What you need to do - Below are entries. Reproduce exactly the lines between the line holding "s.now first.0.seen first.1" and the line holding "result.0.made ≡ first.0.made", inclusive, and only those.

Records for the task -
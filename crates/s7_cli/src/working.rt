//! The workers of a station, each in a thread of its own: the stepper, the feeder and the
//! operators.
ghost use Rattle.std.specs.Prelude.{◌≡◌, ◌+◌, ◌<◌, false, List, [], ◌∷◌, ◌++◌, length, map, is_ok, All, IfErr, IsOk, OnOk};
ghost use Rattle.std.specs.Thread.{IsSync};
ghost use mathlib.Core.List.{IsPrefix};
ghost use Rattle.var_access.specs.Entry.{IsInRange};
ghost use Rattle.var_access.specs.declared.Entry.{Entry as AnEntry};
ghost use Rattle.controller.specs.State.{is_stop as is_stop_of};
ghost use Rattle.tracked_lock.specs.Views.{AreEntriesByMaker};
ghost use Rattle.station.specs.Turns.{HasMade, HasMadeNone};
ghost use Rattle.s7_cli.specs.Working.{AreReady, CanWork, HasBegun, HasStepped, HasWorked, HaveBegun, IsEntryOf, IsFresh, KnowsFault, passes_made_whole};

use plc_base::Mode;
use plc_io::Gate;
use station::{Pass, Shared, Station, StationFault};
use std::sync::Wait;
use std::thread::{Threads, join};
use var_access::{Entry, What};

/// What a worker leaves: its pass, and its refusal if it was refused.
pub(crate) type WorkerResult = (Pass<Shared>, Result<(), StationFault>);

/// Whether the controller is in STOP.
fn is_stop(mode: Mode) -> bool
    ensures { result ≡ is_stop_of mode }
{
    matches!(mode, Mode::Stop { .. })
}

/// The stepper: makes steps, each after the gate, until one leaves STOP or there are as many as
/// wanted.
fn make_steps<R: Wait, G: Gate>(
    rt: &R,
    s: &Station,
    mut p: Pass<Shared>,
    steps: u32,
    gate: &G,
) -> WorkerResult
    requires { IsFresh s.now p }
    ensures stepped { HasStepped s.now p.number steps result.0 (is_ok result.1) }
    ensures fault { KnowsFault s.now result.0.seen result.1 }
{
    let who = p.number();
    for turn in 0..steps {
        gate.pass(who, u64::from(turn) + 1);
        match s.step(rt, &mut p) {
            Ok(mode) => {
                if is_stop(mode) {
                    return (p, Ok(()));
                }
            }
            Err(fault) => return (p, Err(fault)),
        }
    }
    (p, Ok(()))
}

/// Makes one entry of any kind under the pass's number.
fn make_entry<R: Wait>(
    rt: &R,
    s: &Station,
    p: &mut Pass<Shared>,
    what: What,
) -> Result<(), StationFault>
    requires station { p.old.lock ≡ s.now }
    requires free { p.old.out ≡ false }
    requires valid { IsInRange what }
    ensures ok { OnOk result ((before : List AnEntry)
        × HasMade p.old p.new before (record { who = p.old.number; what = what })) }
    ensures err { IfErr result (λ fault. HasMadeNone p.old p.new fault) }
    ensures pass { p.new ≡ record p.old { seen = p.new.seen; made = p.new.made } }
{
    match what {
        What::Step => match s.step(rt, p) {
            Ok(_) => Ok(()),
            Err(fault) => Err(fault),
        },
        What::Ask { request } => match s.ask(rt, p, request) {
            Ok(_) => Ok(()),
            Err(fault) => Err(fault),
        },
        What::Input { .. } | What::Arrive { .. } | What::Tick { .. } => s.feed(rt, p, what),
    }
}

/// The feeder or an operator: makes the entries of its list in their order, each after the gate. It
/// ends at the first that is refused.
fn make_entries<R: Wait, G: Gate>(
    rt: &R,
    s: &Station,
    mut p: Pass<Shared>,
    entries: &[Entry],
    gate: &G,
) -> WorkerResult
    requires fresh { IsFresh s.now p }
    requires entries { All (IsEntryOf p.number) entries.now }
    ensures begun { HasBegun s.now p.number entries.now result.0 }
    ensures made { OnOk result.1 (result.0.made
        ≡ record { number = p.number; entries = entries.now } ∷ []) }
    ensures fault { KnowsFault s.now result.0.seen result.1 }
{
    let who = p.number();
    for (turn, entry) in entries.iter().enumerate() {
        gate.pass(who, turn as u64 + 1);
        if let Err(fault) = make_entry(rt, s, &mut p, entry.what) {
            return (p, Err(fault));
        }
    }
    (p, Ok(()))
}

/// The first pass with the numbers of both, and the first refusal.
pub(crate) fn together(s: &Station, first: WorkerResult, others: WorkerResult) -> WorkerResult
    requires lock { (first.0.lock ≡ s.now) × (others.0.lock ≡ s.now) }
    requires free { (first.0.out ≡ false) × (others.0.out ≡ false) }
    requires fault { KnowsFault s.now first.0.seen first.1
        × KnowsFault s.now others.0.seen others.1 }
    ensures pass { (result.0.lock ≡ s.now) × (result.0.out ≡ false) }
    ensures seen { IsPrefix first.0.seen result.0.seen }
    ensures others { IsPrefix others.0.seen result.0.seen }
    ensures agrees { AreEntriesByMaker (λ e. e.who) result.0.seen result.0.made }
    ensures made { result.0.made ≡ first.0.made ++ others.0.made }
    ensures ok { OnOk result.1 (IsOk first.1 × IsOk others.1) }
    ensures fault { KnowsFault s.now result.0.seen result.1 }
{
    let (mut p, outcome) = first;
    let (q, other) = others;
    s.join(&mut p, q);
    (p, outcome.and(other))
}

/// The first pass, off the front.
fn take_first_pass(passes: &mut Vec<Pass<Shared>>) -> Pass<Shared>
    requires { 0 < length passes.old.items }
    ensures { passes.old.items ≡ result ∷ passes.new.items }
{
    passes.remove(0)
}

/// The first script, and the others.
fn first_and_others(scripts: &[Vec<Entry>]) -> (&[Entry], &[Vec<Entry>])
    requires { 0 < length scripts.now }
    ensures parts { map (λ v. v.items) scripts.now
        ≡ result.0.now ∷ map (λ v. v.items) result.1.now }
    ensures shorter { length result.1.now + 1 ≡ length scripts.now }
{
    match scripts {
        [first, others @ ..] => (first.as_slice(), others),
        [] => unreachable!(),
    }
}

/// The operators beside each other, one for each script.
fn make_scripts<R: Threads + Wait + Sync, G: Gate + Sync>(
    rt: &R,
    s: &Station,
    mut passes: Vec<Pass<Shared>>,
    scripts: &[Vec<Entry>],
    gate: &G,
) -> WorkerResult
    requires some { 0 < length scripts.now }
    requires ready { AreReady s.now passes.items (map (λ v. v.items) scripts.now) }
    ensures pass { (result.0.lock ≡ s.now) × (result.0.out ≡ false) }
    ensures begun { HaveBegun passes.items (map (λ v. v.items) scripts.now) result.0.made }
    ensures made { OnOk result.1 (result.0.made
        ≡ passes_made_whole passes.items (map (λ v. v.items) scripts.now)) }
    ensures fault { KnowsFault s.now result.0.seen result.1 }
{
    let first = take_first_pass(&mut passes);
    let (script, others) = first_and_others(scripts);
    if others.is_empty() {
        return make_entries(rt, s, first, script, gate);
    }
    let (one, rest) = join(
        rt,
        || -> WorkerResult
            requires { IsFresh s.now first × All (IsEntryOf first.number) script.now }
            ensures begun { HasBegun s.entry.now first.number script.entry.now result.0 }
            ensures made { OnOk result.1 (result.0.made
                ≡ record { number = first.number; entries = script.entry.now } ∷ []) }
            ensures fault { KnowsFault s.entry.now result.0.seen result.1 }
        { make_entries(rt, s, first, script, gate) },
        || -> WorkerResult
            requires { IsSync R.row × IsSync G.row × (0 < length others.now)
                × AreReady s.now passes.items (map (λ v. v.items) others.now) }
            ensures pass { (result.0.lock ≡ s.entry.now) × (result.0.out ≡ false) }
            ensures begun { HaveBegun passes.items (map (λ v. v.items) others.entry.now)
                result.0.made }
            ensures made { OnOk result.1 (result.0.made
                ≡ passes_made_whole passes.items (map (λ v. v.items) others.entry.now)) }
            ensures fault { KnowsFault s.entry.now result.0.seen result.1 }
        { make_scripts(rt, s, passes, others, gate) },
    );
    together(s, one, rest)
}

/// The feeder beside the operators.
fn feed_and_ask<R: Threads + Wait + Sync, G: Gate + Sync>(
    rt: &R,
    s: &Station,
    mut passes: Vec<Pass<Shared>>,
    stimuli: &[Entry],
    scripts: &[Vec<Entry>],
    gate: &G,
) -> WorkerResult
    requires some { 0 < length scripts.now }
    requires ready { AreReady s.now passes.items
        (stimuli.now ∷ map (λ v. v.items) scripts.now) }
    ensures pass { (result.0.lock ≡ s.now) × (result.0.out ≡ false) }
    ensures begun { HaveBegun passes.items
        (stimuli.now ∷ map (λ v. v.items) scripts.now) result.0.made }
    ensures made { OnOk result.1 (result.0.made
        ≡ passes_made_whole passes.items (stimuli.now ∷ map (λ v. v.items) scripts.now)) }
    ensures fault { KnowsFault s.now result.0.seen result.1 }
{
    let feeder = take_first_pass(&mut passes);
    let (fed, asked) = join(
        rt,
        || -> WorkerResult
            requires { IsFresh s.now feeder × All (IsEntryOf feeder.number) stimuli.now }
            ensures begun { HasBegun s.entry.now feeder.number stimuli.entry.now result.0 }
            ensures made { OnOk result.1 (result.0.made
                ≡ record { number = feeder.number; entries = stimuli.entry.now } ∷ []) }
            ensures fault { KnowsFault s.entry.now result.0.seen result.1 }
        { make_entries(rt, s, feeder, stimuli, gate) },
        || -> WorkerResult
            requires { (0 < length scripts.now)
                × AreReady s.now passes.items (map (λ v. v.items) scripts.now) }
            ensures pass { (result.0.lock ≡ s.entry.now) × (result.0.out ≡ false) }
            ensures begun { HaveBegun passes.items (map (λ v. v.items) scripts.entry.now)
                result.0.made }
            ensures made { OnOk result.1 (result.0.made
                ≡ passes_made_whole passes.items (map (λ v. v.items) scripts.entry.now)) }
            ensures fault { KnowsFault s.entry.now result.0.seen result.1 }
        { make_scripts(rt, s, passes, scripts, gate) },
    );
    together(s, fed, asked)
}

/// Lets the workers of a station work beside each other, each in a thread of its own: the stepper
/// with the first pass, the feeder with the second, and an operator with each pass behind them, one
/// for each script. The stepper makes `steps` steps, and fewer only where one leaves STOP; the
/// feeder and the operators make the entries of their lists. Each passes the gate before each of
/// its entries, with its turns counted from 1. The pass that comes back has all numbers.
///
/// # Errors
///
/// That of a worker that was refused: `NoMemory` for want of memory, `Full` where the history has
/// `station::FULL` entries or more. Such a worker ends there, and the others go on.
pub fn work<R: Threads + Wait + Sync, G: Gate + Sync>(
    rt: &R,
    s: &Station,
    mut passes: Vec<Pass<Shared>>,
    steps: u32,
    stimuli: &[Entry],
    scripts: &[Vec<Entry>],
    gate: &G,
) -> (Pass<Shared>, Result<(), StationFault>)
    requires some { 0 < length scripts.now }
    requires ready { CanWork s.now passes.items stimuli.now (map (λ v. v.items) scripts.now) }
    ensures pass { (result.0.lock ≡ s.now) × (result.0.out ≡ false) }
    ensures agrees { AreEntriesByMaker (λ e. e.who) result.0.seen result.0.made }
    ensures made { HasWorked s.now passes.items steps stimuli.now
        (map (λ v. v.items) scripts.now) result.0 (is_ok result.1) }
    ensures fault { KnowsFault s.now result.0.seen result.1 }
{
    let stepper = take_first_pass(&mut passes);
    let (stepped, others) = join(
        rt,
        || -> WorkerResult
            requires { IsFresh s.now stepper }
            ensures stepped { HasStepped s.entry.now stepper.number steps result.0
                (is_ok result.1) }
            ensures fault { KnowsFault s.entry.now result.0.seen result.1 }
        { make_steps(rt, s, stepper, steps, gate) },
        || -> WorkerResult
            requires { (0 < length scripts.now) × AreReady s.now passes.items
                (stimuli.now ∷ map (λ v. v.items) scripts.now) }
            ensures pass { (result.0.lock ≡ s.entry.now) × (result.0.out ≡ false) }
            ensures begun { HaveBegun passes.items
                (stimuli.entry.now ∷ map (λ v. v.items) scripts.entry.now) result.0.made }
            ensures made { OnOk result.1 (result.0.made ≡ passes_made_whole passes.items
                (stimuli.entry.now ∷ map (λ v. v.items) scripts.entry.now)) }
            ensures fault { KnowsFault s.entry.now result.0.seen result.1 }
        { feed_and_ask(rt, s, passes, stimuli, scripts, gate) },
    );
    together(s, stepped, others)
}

Written answer -
    requires fault { KnowsFault s.now first.0.seen first.1
        × KnowsFault s.now others.0.seen others.1 }
    ensures pass { (result.0.lock ≡ s.now) × (result.0.out ≡ false) }
    ensures seen { IsPrefix first.0.seen result.0.seen }
    ensures others { IsPrefix others.0.seen result.0.seen }
    ensures agrees { AreEntriesByMaker (λ e. e.who) result.0.seen result.0.made }
    ensures made { result.0.made ≡ first.0.made ++ others.0.made }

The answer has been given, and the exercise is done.